Records shown Block Start

ghost use Rattle.std.specs.Prelude.{◌≡◌, ◌+◌, ◌≤◌, length};
ghost use Rattle.script_lang.specs.Places.{word};

use crate::search::{byte_from, other_from};

/// A part of a script. Both numbers are 0 if it is empty.
#[derive(Clone, Copy)]
pub(crate) struct Span {
    pub at: usize,
    pub len: usize,
}

/// Returns the first word of the part from `from` up to before `to`. Spaces separate words.
#[inline(never)]
pub(crate) fn word_in(text: &[u8], from: usize, to: usize) -> Span
    requires ordered { from ≤ to }
    requires inside { to ≤ length text.now }
    ensures word { result ≡ word text.now from to }
    ensures within { result.at + result.len ≤ to }
{
    let start = other_from(text, b' ', from, to);
    let end = byte_from(text, b' ', start, to);
    if start == end {
        return Span { at: 0, len: 0 };
    }
    Span {
        at: start,
        len: end - start,
    }
}
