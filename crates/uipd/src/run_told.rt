//! All commands, with `resolve`.

ghost use Rattle.std.specs.Prelude.{◌≡◌, None, map, string_bytes};
ghost use Rattle.udp_resolver.specs.Prelude.{streams};
ghost use Rattle.uipd.specs.ResolveWords.{resolving_of};
ghost use Rattle.uipd.specs.ReportedCompleteness.{ReportIsComplete};
ghost use Rattle.uipd.specs.ReportedRunning.{ResolveRuns, ReportedRuns};
ghost use Rattle.uipd.specs.declared.status.Status.TheVariants.{BadWords};
ghost use Rattle.uip_edge.specs.Prelude.{outside};

use crate::resolve_words::{Resolving, resolving_of};
use crate::run::run;
use crate::status::Status;
use packet_buffer::Packet;
use std::alloc::Global;
use udp_resolver::resolve;
use uip_edge::{Link, Shelf, Sink};
use uip_wire::LARGEST_DATAGRAM;

/// Does what the words ask for, those of `resolve` too. The fate of each name is reported at a sink of its own.
/// [add: told-command] Its arm.
pub fn run_told<H: Shelf, L: Link, K: Sink, T: Sink>(
    alloc: Global,
    words: &[String],
    shelf: &mut H,
    link: &mut L,
    out: &mut K,
    tell: &mut T,
) -> Status
    ensures runs { ReportedRuns (map string_bytes words.now)
        (outside H.Shelf L.Link K.Sink shelf.old link.old out.old)
        (outside H.Shelf L.Link K.Sink shelf.new link.new out.new)
        (streams L.Link K.Sink T.Sink link.old out.old tell.old)
        (streams L.Link K.Sink T.Sink link.new out.new tell.new) result }
    ensures unreported { resolving_of (map string_bytes words.now) ≡ None → tell.new ≡ tell.old }
    ensures unread { ¬ (resolving_of (map string_bytes words.now) ≡ None) → shelf.new ≡ shelf.old }
    ensures untouched { result ≡ BadWords → (shelf.new ≡ shelf.old) × (link.new ≡ link.old) × (out.new ≡ out.old) × (tell.new ≡ tell.old) }
    ensures kept { H.held shelf.new ≡ H.held shelf.old }
{
    match resolving_of(words) {
        None => run(alloc, words, shelf, link, out),
        Some(resolving) => resolve_names(alloc, &resolving, link, out, tell),
    }
}

/// Resolves names. Allocates only before the first query.
fn resolve_names<L: Link, K: Sink, T: Sink>(
    alloc: Global,
    resolving: &Resolving,
    link: &mut L,
    out: &mut K,
    tell: &mut T,
) -> Status
    ensures runs { ResolveRuns resolving.now
        (streams L.Link K.Sink T.Sink link.old out.old tell.old)
        (streams L.Link K.Sink T.Sink link.new out.new tell.new) result }
    ensures known { ¬ (result ≡ BadWords) }
{
    match Packet::new(alloc, LARGEST_DATAGRAM) {
        Ok(mut packet) => Status::from(resolve(
            &mut packet,
            resolving.own,
            resolving.server,
            resolving.id,
            &resolving.names,
            link,
            out,
            tell,
            resolving.items,
        )),
        Err(_) => Status::NoMemory,
    }
}

/// If no fault count rises and no file is missing, what is due for the words was done, those of `resolve` included, or memory
/// ran out.
pub fn run_told_is_complete()
    ensures { ReportIsComplete }
{}
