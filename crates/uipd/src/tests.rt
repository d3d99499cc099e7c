// The worked exchanges, over a line in memory, with the items cut in every way.
use crate::harness::{
    Session, Trial, bad, both_of, bytes_of, check_all, check_bad_words, check_sessions, prefix,
};
use crate::help::{HELP, VERSION};
use crate::status::Status;
use site_commands::SiteWhy;
use std::alloc::Global;
use std::test::Fail;
use trace::CaptureWhy;

pub const SERVE: [&str; 3] = ["serve", "-", "10.0.0.1"];

pub const PING: &str = "C0 4500001C 00010000 400166DE 0A000002 0A000001 0800F7FD 00010001 C0";

// The same without its marks.
const PING_ALONE: &str = "4500001C 00010000 400166DE 0A000002 0A000001 0800F7FD 00010001";

pub const PONG: &str = "C0 4500001C 00010000 400166DE 0A000001 0A000002 0000FFFD 00010001 C0";

// With an END and an ESC in the payload.
pub const ESCAPED_PING: &str = "\
    C0 4500001E 00010000 400166DC 0A000002 0A000001 08003722 00010001 \
    DBDCDBDD C0";

pub const ESCAPED_PONG: &str = "\
    C0 4500001E 00010000 400166DC 0A000001 0A000002 00003F22 00010001 \
    DBDCDBDD C0";

// Of odd length, with an ESC before a byte that needs none.
const STRAY_PING: &str = "\
    C0 4500001D 00010000 400166DD 0A000002 0A000001 0800B6FD 00010001 \
    DB41 C0";

const STRAY_PONG: &str = "\
    C0 4500001D 00010000 400166DD 0A000001 0A000002 0000BEFD 00010001 \
    41 C0";

// Two bytes after the datagram's total length.
const PADDED_PING: &str = "\
    C0 4500001C 00010000 400166DE 0A000002 0A000001 0800F7FD 00010001 \
    9999 C0";

const LARGEST_PING_HEAD: &str = "450005DC 00010000 4001611E 0A000002 0A000001 0800F7FD 00010001";

const LARGEST_PONG_HEAD: &str = "450005DC 00010000 4001611E 0A000001 0A000002 0000FFFD 00010001";

// A SYN to a port that nothing serves, its refusal, and a reset, which is not answered.
const STRAY_SYN: &str =
    "C0 45000028 00010000 400666CD 0A000002 0A000001 04010051 000003E8 00000000 50022000 73A60000 C0";

const REFUSAL: &str =
    "C0 45000028 00010000 400666CD 0A000001 0A000002 00510401 00000000 000003E9 50140000 93930000 C0";

const RESET: &str =
    "C0 45000028 00010000 400666CD 0A000002 0A000001 04010051 000003E8 00000000 50042000 73A40000 C0";

// A SYN as a Linux host sends it, with five options; its answer, and that answer sent again.
pub const SYN: &str = "\
    C0 4500003C 00014000 400626B9 0A000002 0A000001 04010050 000003E8 00000000 A002FAF0 32C10000 \
    020403C6 0402080A 00000001 00000000 01030307 C0";

pub const SYN_ACK: &str = "\
    C0 4500002C 00010000 400666C9 0A000001 0A000002 00500401 00000000 000003E9 601205B4 76260000 \
    020405B4 C0";

const SENT_AGAIN: &str = "\
    C0 4500002C 00020000 400666C8 0A000001 0A000002 00500401 00000000 000003E9 601205B4 76260000 \
    020405B4 C0";

// The client's acknowledgement with one byte of text, which decides nothing, and its acknowledgement.
const REQUEST: &str = "\
    C0 45000029 00020000 400666CB 0A000002 0A000001 04010050 000003E9 00000001 50182000 FB8D0000 \
    78 C0";

const TAKEN: &str =
    "C0 45000028 00020000 400666CC 0A000001 0A000002 00500401 00000001 000003EA 501005B4 8DE20000 C0";

// `GET / HTTP/1.0` CR LF, and the page of a site of one file.
pub const GET: &str = "\
    C0 45000038 00020000 400666BC 0A000002 0A000001 04010050 000003E9 00000001 50182000 A1E90000 \
    47455420 2F204854 54502F31 2E300D0A C0";

pub const PAGE: &str = "\
    C0 4500007E 00020000 40066676 0A000001 0A000002 00500401 00000001 000003F9 501805B4 A75C0000 \
    48545450 2F312E30 20323030 204F4B0D 0A536572 7665723A 20754950 2F312E30 0D0A436F 6E6E6563 \
    74696F6E 3A20636C 6F73650D 0A436F6E 74656E74 2D747970 653A2074 6578742F 68746D6C 0D0A0D0A \
    68656C6C 6F0A C0";

// The head of a capture file, and that of the echo request in it.
const CAPTURE_HEAD: &str = "A1B2C3D4 00020004 00000000 00000000 0000FFFF 00000065";

const PING_RECORD: &str = "00000000 00000000 0000001C 0000001C";

#[test]
fn answers_each_datagram(rt: HostRuntime) -> Result<(), Fail> {
    let sessions: [Session; 10] = [
        (&[PING], &[PONG]),
        (&[""], &[""]),
        (&["C0"], &[""]),
        (&["DB C0"], &[""]),
        // A datagram without its last mark.
        (&["C0", PING_ALONE], &[""]),
        (&[ESCAPED_PING], &[ESCAPED_PONG]),
        (&[STRAY_PING], &[STRAY_PONG]),
        (&[PADDED_PING], &[PONG]),
        (&[STRAY_SYN], &[REFUSAL]),
        (&[RESET], &[""]),
    ];
    check_sessions(&rt, rt.alloc(), &SERVE, &sessions)
}

/// Returns a datagram of 1500 bytes that are 0, except for its headers.
fn largest(alloc: Global, head: &str) -> Result<Vec<u8>, Fail> {
    let mut datagram = bytes_of(alloc, &[head])?;
    datagram.extend_from_slice(&[0; 1472])?;
    Ok(datagram)
}

#[test]
fn takes_the_largest_frame(rt: HostRuntime) -> Result<(), Fail> {
    let alloc = rt.alloc();
    let mut input = largest(alloc, LARGEST_PING_HEAD)?;
    let mut longer = input.clone()?;
    input.push(0xC0)?;
    let mut output = [0xC0].to_vec(alloc)?;
    output.extend_from_slice(&largest(alloc, LARGEST_PONG_HEAD)?)?;
    output.push(0xC0)?;
    Trial::new(&SERVE, &input, &output).check_cuts(&rt, alloc)?;
    longer.push(0)?;
    longer.extend_from_slice(&bytes_of(alloc, &[PING])?)?;
    let pong = bytes_of(alloc, &[PONG])?;
    Trial::new(&SERVE, &longer, &pong).check_cuts(&rt, alloc)
}

#[test]
fn serves_a_connection(rt: HostRuntime) -> Result<(), Fail> {
    let alloc = rt.alloc();
    check_sessions(&rt, alloc, &SERVE, &[(&[SYN, REQUEST], &[SYN_ACK, TAKEN])])?;
    let (syn, answered) = both_of(alloc, &[SYN], &[SYN_ACK])?;
    let again = bytes_of(alloc, &[SYN_ACK, SENT_AGAIN])?;
    // 186 bytes without a frame: with the 62 of the SYN four times as many.
    let mut longer = syn.clone()?;
    longer.extend_from_slice(&[0xC0; 186])?;
    let paced = ["serve", "-", "10.0.0.1", "pace", "62"];
    let stopped = [
        "serve", "-", "10.0.0.1", "pace", "62", "items", "247", "tty",
    ];
    let trials = [
        Trial {
            silences: 3,
            ..Trial::new(&SERVE, &syn, &answered)
        },
        Trial {
            silences: 4,
            ..Trial::new(&SERVE, &syn, &again)
        },
        Trial::new(&paced, &longer, &again),
        Trial::new(&stopped, &longer, &answered).ending(Status::Budget),
    ];
    check_all(&rt, alloc, &trials)
}

#[test]
fn serves_a_site(rt: HostRuntime) -> Result<(), Fail> {
    let alloc = rt.alloc();
    let (asked, paged) = both_of(alloc, &[SYN, GET], &[SYN_ACK, PAGE])?;
    let served = Trial::new(&["serve", "h", "10.0.0.1"], &asked, &paged);
    served.check(&rt, alloc, 4096)?;
    Trial::new(&["serve", "missing", "10.0.0.1"], &asked, &[])
        .ending(Status::ShelfFault)
        .check(&rt, alloc, 4096)?;
    let cut = Trial {
        h: prefix(served.h, 20),
        output: &[],
        status: bad(SiteWhy::Cut, 1),
        ..served
    };
    cut.check(&rt, alloc, 4096)
}

#[test]
fn knows_its_words(rt: HostRuntime) -> Result<(), Fail> {
    let alloc = rt.alloc();
    let bad: [&[&str]; 26] = [
        &[],
        &["serve"],
        &["serve", "-"],
        &["serve", "10.0.0.1"],
        &["serve", "-", "10.0.0.256"],
        &["serve", "-", "10.0.0.1", "items", "01"],
        &["serve", "-", "10.0.0.1", "pace"],
        &["serve", "-", "10.0.0.1", "pace", "18446744073709551616"],
        &["serve", "-", "10.0.0.1", "items", "2", "pace", "3"],
        &["serve", "-", "10.0.0.1", "tty", "items", "2"],
        &["serve", "-", "10.0.0.1", "tty", "tty"],
        &["serve", "-", "10.0.0.1", "items", "tty"],
        &["replay"],
        &["replay", "a"],
        &["replay", "a", "b", "c"],
        &["replay", "a", "b", "show", "x"],
        &["dump", "tty", "items", "2"],
        &["dump", "items", "tty"],
        &["dump", "pace", "2"],
        &["pcap", "items", "01"],
        &["slip", "tty"],
        &["slip", "items", "2", "tty"],
        &["help"],
        &["-h"],
        &["--help", "serve"],
        &["--version", "tty"],
    ];
    check_bad_words(&rt, alloc, PING, &bad)?;
    let greatest = [
        "serve",
        "-",
        "10.0.0.1",
        "pace",
        "18446744073709551615",
        "items",
        "18446744073709551615",
        "tty",
    ];
    check_sessions(&rt, alloc, &greatest, &[(&[PING], &[PONG])])
}

#[test]
fn shows_its_own_texts(rt: HostRuntime) -> Result<(), Fail> {
    let alloc = rt.alloc();
    for (word, text) in [("--help", HELP), ("--version", VERSION)] {
        let words = [word];
        let shown = Trial::new(&words, &[], text);
        shown.check(&rt, alloc, 4096)?;
        let full = Trial {
            room: 4,
            output: prefix(text, 4),
            status: Status::WriteFault,
            ..shown
        };
        full.check(&rt, alloc, 4096)?;
    }
    Ok(())
}

#[test]
fn stops_as_asked(rt: HostRuntime) -> Result<(), Fail> {
    let alloc = rt.alloc();
    let (ping, pong) = both_of(alloc, &[PING], &[PONG])?;
    let budgets: [(&str, &[u8], Status); 4] = [
        ("29", &[], Status::Budget),
        ("30", &pong, Status::Budget),
        ("31", &pong, Status::Done),
        ("0", &[], Status::Budget),
    ];
    for (items, output, status) in budgets {
        let words = ["serve", "-", "10.0.0.1", "items", items];
        Trial::new(&words, &ping, output)
            .ending(status)
            .check_cuts(&rt, alloc)?;
    }
    let full = Trial {
        room: 10,
        status: Status::WriteFault,
        ..Trial::new(&SERVE, &ping, prefix(&pong, 10))
    };
    full.check_cuts(&rt, alloc)?;
    let failing = Trial {
        link_fails: &[3],
        status: Status::LinkFault,
        ..Trial::new(&SERVE, &ping, &[])
    };
    failing.check(&rt, alloc, 1)
}

#[test]
fn reports_a_line(rt: HostRuntime) -> Result<(), Fail> {
    let alloc = rt.alloc();
    let (line, ping) = both_of(alloc, &[PING, PONG, STRAY_SYN], &[PING])?;
    let capture = bytes_of(alloc, &[CAPTURE_HEAD, PING_RECORD, PING_ALONE])?;
    let lines: &[u8] =
        b"1 28 icmp 10.0.0.2 10.0.0.1 8 0\n2 28 icmp 10.0.0.1 10.0.0.2 0 0\n3 40 tcp 10.0.0.2:1025 10.0.0.1:81 S 1000 0 0\n";
    let stopped = Status::Budget;
    let cut = Status::BadCapture {
        number: 1,
        why: CaptureWhy::Cut,
    };
    let rows: [(&[&str], &[u8], &[u8], Status); 7] = [
        (&["dump"], &line, lines, Status::Done),
        (
            &["dump", "items", "60", "tty"],
            &line,
            prefix(lines, 64),
            stopped,
        ),
        (&["pcap", "tty"], &ping, &capture, Status::Done),
        (
            &["pcap", "items", "0"],
            &ping,
            prefix(&capture, 24),
            stopped,
        ),
        (&["slip"], &capture, &ping, Status::Done),
        (&["slip", "items", "68"], &capture, &ping, stopped),
        (&["slip"], prefix(&capture, 67), &[], cut),
    ];
    for (words, input, output, status) in rows {
        Trial::new(words, input, output)
            .ending(status)
            .check_cuts(&rt, alloc)?;
    }
    Ok(())
}
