// The adapters over readers and writers in memory, and over a reader that fails; runs over them.
use crate::adapters::{ReaderLink, WriterSink, run_over};
use crate::harness::{both_of, words_of};
use crate::resolve_tests::{QUERY, REPLY, WORDS};
use crate::status::Status;
use crate::tests::{PING, PONG};
use std::alloc::Global;
use std::io;
use std::io::Read;
use std::test::Fail;
use uip_edge::{Got, Link, MemShelf, Sink};

/// A reader that returns one byte and then fails at every call.
#[derive(Drop)]
struct Failing {
    given: bool,
}

impl Read for Failing {
    fn read(&mut self, buf: &mut [u8]) -> io::Result<usize> {
        if self.given || buf.is_empty() {
            return Err(io::Error::from(io::ErrorKind::TimedOut));
        }
        self.given = true;
        buf[0] = 7;
        Ok(1)
    }
}

/// A reader that returns nothing at its first call, fails at its second, and then returns a byte at each.
#[derive(Drop)]
struct Halting {
    calls: u8,
}

impl Read for Halting {
    fn read(&mut self, buf: &mut [u8]) -> io::Result<usize> {
        self.calls = self.calls.saturating_add(1);
        if self.calls == 1 || buf.is_empty() {
            return Ok(0);
        }
        if self.calls == 2 {
            return Err(io::Error::from(io::ErrorKind::TimedOut));
        }
        buf[0] = 7;
        Ok(1)
    }
}

#[test]
fn no_silence_and_no_failure_is_passed_over(rt: HostRuntime) -> Result<(), Fail> {
    let mut buf = [0; 4];
    let mut link = ReaderLink::new(Halting { calls: 0 }, true);
    assert!(rt; matches!(link.next(&mut buf), Ok(Got::Quiet)));
    assert!(rt; link.next(&mut buf).is_err());
    assert!(rt; matches!(link.next(&mut buf), Ok(Got::Bytes(1))));
    Ok(())
}

#[test]
fn a_terminal_falls_silent_and_a_file_ends(rt: HostRuntime) -> Result<(), Fail> {
    let mut buf = [0; 4];
    let bytes: &[u8] = b"ab";
    let mut terminal = ReaderLink::new(bytes, true);
    assert!(rt; matches!(terminal.next(&mut buf), Ok(Got::Bytes(2))));
    let given: &[u8] = b"ab";
    assert_eq!(rt; &buf[..2], given);
    assert!(rt; matches!(terminal.next(&mut buf), Ok(Got::Quiet)));
    assert!(rt; matches!(terminal.next(&mut buf), Ok(Got::Quiet)));
    let mut file = ReaderLink::new(bytes, false);
    assert!(rt; matches!(file.next(&mut buf), Ok(Got::Bytes(2))));
    assert!(rt; matches!(file.next(&mut buf), Ok(Got::End)));
    Ok(())
}

#[test]
fn a_failed_read_is_a_fault_of_a_terminal_too(rt: HostRuntime) -> Result<(), Fail> {
    let mut buf = [0; 4];
    for tty in [false, true] {
        let mut link = ReaderLink::new(Failing { given: false }, tty);
        assert!(rt; matches!(link.next(&mut buf), Ok(Got::Bytes(1))));
        assert_eq!(rt; buf[0], 7);
        assert!(rt; link.next(&mut buf).is_err());
        assert!(rt; link.next(&mut buf).is_err());
    }
    Ok(())
}

#[test]
fn a_write_of_nothing_is_a_fault(rt: HostRuntime) -> Result<(), Fail> {
    let mut room = [0; 2];
    let mut sink = WriterSink::new(&mut room[..]);
    assert!(rt; sink.write_whole(b"ab").is_ok());
    assert!(rt; sink.write_whole(b"c").is_err());
    Ok(())
}

/// Runs over these bytes, with no file on the shelf.
fn run_on(
    alloc: Global,
    words: &[String],
    input: &[u8],
    room: &mut [u8],
    errors: &mut [u8],
) -> Status {
    let mut shelf = MemShelf::new(Vec::new(alloc), Vec::new(alloc));
    run_over(alloc, words, &mut shelf, input, room, errors)
}

// Two empty reads are two silences of a terminal, and so the 31st and the 32nd item; a file ends at the first.
#[test]
fn the_last_word_makes_the_reader_a_terminal(rt: HostRuntime) -> Result<(), Fail> {
    let alloc = rt.alloc();
    let (ping, pong) = both_of(alloc, &[PING], &[PONG])?;
    let rows: [(&[&str], Status); 2] = [
        (
            &["serve", "-", "10.0.0.1", "items", "32", "tty"],
            Status::Budget,
        ),
        (&["serve", "-", "10.0.0.1", "items", "32"], Status::Done),
    ];
    for (words, status) in rows {
        let words = words_of(alloc, words)?;
        let (mut room, mut errors) = ([0; 64], [0; 8]);
        let ended = run_on(alloc, &words, &ping, &mut room, &mut errors);
        assert_eq!(rt; ended, status);
        assert!(rt; room.starts_with(&pong));
        assert_eq!(rt; room[30], 0);
        assert_eq!(rt; errors[0], 0);
    }
    Ok(())
}

#[test]
fn names_are_reported_beside_the_output(rt: HostRuntime) -> Result<(), Fail> {
    let alloc = rt.alloc();
    let (query, reply) = both_of(alloc, &[QUERY], &[REPLY])?;
    let words = words_of(alloc, &WORDS)?;
    let (mut room, mut errors) = ([0; 128], [0; 32]);
    let ended = run_on(alloc, &words, &reply, &mut room, &mut errors);
    assert_eq!(rt; ended, Status::Done);
    assert!(rt; room.starts_with(&query));
    assert!(rt; errors.starts_with(b"a.b 192.0.2.7\n\0"));
    Ok(())
}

Records shown Block End

Exercise prompt ->
For the listing above, print only the lines starting at the line containing "C0 4500001E 00010000 400166DC 0A000002" and ending at the line containing "000003E8 00000000 50042000", exactly, both included.

Response area ->
    C0 4500001E 00010000 400166DC 0A000002 0A000001 08003722 00010001 \
    DBDCDBDD C0";

pub const ESCAPED_PONG: &str = "\
    C0 4500001E 00010000 400166DC 0A000001 0A000002 00003F22 00010001 \
    DBDCDBDD C0";

// Of odd length, with an ESC before a byte that needs none.
const STRAY_PING: &str = "\
    C0 4500001D 00010000 400166DD 0A000002 0A000001 0800B6FD 00010001 \
    DB41 C0";

const STRAY_PONG: &str = "\
    C0 4500001D 00010000 400166DD 0A000001 0A000002 0000BEFD 00010001 \
    41 C0";

// Two bytes after the datagram's total length.
const PADDED_PING: &str = "\
    C0 4500001C 00010000 400166DE 0A000002 0A000001 0800F7FD 00010001 \
    9999 C0";

const LARGEST_PING_HEAD: &str = "450005DC 00010000 4001611E 0A000002 0A000001 0800F7FD 00010001";

const LARGEST_PONG_HEAD: &str = "450005DC 00010000 4001611E 0A000001 0A000002 0000FFFD 00010001";

// A SYN to a port that nothing serves, its refusal, and a reset, which is not answered.
const STRAY_SYN: &str =
    "C0 45000028 00010000 400666CD 0A000002 0A000001 04010051 000003E8 00000000 50022000 73A60000 C0";

const REFUSAL: &str =
    "C0 45000028 00010000 400666CD 0A000001 0A000002 00510401 00000000 000003E9 50140000 93930000 C0";

const RESET: &str =
    "C0 45000028 00010000 400666CD 0A000002 0A000001 04010051 000003E8 00000000 50042000 73A40000 C0";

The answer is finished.